As we are all teachers in some form or other, this article is valuable.

It was originally written for teaching Sisters….

THE LESSON OF WORK

The motto marked upon our foreheads, written upon our doorposts, channeled in the earth, and wafted upon the waves is and must be: “Labor is honorable and idleness dishonorable.” — Thomas Carlyle.

Cardinal Mercier attributes his singular attainments in ecclesiastical administration to the fact that his early teachers made him obey, work, and dare. There we have the conditions necessary not only for school discipline but for perfect education for life.

One of the chief objects of education is to train the child to love work. The child must work because it is the will of God, and must do that work for which God has called him, and for which He has given the ability needed.

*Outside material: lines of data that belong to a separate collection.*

// What a unit shows, as values: the stage, the phase and its walker.
#![tactic(auto)]

ghost use Rattle.std.specs.Prelude.{◌≡◌, ◌↔◌, IsTrue, Some};
ghost use Rattle.shown.specs.Shown.{plain, placed, lit_in, walker_of, phase_shows, shown_of, same_shown, same_named, aspect_name, on_foot_name};

use phase::{Light, Walker};
use sheet::{Phase, Sheet};
use stage::{Place, Stage};
use std::fmt;

// The stages as they are shown: the track's green, yellow and red, those of a phase, those of track clearance, dwell's all red, and those of a phase in
// dwell.
#[derive(Clone, Copy, PartialEq, Eq)]
pub enum Aspect {
    TrackGreen,
    TrackYellow,
    TrackRed,
    PhaseGreen,
    PhaseYellow,
    PhaseRed,
    ClearanceGreen,
    ClearanceYellow,
    ClearanceRed,
    Dwell,
    DwellGreen,
    DwellYellow,
    DwellRed,
}

impl fmt::Display for Aspect {
    ghost output = { λ a. Some (aspect_name a) };

    #[tactic(auto, unfolding(crate::specs::Shown::aspect_name))]
    fn fmt<W: fmt::Write>(&self, f: &mut fmt::Formatter<W>) -> fmt::Result {
        match self {
            Aspect::TrackGreen => write!(f, "track-green"),
            Aspect::TrackYellow => write!(f, "track-yellow"),
            Aspect::TrackRed => write!(f, "track-red"),
            Aspect::PhaseGreen => write!(f, "phase-green"),
            Aspect::PhaseYellow => write!(f, "phase-yellow"),
            Aspect::PhaseRed => write!(f, "phase-red"),
            Aspect::ClearanceGreen => write!(f, "clearance-green"),
            Aspect::ClearanceYellow => write!(f, "clearance-yellow"),
            Aspect::ClearanceRed => write!(f, "clearance-red"),
            Aspect::Dwell => write!(f, "dwell"),
            Aspect::DwellGreen => write!(f, "dwell-green"),
            Aspect::DwellYellow => write!(f, "dwell-yellow"),
            Aspect::DwellRed => write!(f, "dwell-red"),
        }
    }
}

// A phase's walker as it is shown. `Option` has no names to print.
#[derive(Clone, Copy, PartialEq, Eq)]
pub enum OnFoot {
    Nobody,
    Walk,
    Clearance,
}

impl fmt::Display for OnFoot {
    ghost output = { λ w. Some (on_foot_name w) };

    #[tactic(auto, unfolding(crate::specs::Shown::on_foot_name))]
    fn fmt<W: fmt::Write>(&self, f: &mut fmt::Formatter<W>) -> fmt::Result {
        match self {
            OnFoot::Nobody => write!(f, "-"),
            OnFoot::Walk => write!(f, "walk"),
            OnFoot::Clearance => write!(f, "clearance"),
        }
    }
}

// The phase is 0 for none.
#[derive(Clone, Copy, PartialEq, Eq)]
pub struct Shown<S, W> {
    pub stage: S,
    pub phase: u32,
    pub walker: W,
}

// What the bench shows.
pub type Named = Shown<Aspect, OnFoot>;

// A stage without a phase.
fn plain(stage: Aspect) -> Named
    ensures { result ≡ plain stage }
{
    Shown {
        stage,
        phase: 0,
        walker: OnFoot::Nobody,
    }
}

// The track's yellow and red are also those that follow track clearance green.
#[tactic(auto, unfolding(crate::specs::Shown::placed))]
fn placed(place: Place, normal: Aspect, train: Aspect) -> Named
    ensures { result ≡ placed normal train place }
{
    match place {
        Place::Normal => plain(normal),
        Place::Train => plain(train),
    }
}

// A phase's lights are shown by other names in dwell.
#[tactic(auto, unfolding(crate::specs::Shown::lit_in, crate::specs::Shown::lit))]
fn lit_in(place: Place, light: Light) -> Aspect
    ensures { result ≡ lit_in light place }
{
    match (place, light) {
        (Place::Normal, Light::Green(_)) => Aspect::PhaseGreen,
        (Place::Normal, Light::Yellow(_)) => Aspect::PhaseYellow,
        (Place::Normal, Light::Red(_)) => Aspect::PhaseRed,
        (Place::Train, Light::Green(_)) => Aspect::DwellGreen,
        (Place::Train, Light::Yellow(_)) => Aspect::DwellYellow,
        (Place::Train, Light::Red(_)) => Aspect::DwellRed,
    }
}

// Nobody in mode 0, and once the clearance is over.
#[tactic(auto, unfolding(units::specs::Numbers::pick, crate::specs::Shown::walker_of, crate::specs::Shown::on_foot))]
fn walker_of(p: Phase, walker: Walker) -> OnFoot
    ensures { result ≡ walker_of p walker }
{
    if p.mode == 0 {
        return OnFoot::Nobody;
    }
    match walker {
        Walker::Walk(_) => OnFoot::Walk,
        Walker::Clearance(spent) if spent < u64::from(p.clearance) => OnFoot::Clearance,
        Walker::Clearance(_) => OnFoot::Nobody,
    }
}

fn phase_shows(sheet: Sheet, place: Place, phase: u32, light: Light, walker: Walker) -> Named
    ensures { result ≡ phase_shows sheet place phase light walker }
{
    Shown {
        stage: lit_in(place, light),
        phase,
        walker: walker_of(lookup::phase_of(sheet, phase), walker),
    }
}

// What a unit with this sheet shows in this stage.
#[tactic(auto, unfolding(crate::specs::Shown::shown_of))]
pub fn of(sheet: Sheet, stage: Stage) -> Named
    ensures { result ≡ shown_of sheet stage }
{
    match stage {
        Stage::TrackGreen => plain(Aspect::TrackGreen),
        Stage::TrackYellow { place, .. } => placed(
            place,
            Aspect::TrackYellow,
            Aspect::ClearanceYellow,
        ),
        Stage::TrackRed { place, .. } => placed(place, Aspect::TrackRed, Aspect::ClearanceRed),
        Stage::Open {
            place,
            phase,
            green,
            walk,
        } => phase_shows(sheet, place, phase, Light::Green(green), Walker::Walk(walk)),
        Stage::Ending {
            place,
            phase,
            light,
            walker,
            ..
        } => phase_shows(sheet, place, phase, light, walker),
        Stage::ClearanceGreen { .. } => plain(Aspect::ClearanceGreen),
        Stage::AllRed => plain(Aspect::Dwell),
    }
}

// Nothing that is shown differs, whatever names or numbers stand for stages and walkers.
#[tactic(auto, unfolding(crate::specs::Shown::same_shown, units::specs::Numbers::both, units::specs::Numbers::pick))]
pub fn same<S: Copy + PartialEq, W: Copy + PartialEq>(a: Shown<S, W>, b: Shown<S, W>) -> bool
    ensures { result ≡ same_shown S.eq W.eq a b }
{
    a == b
}

// The bench's names are the same where they are one.
#[tactic(auto, unfolding(crate::specs::Shown::same_shown, units::specs::Numbers::both, units::specs::Numbers::pick))]
pub fn unchanged(was: Named, is: Named) -> bool
    ensures { IsTrue result ↔ same_named was is }
{
    same(was, is)
}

It is a mistake to convert the schoolroom into a playroom as though all school work could be reduced to play. Life is not play work, and neither is virtue play work. It is just as wrong to convert all the children’s games into work as it is to reduce all their work to play.

THE HABIT OF INDUSTRY

All our pupils will have in their later life an abundance of work to do, and they should acquire during their schooldays the habit that will make them enjoy hard efforts.

 Labor ipse voluptas is but an adaptation of Menander’s famous verse, “Only strenuous labor begets abiding happiness.”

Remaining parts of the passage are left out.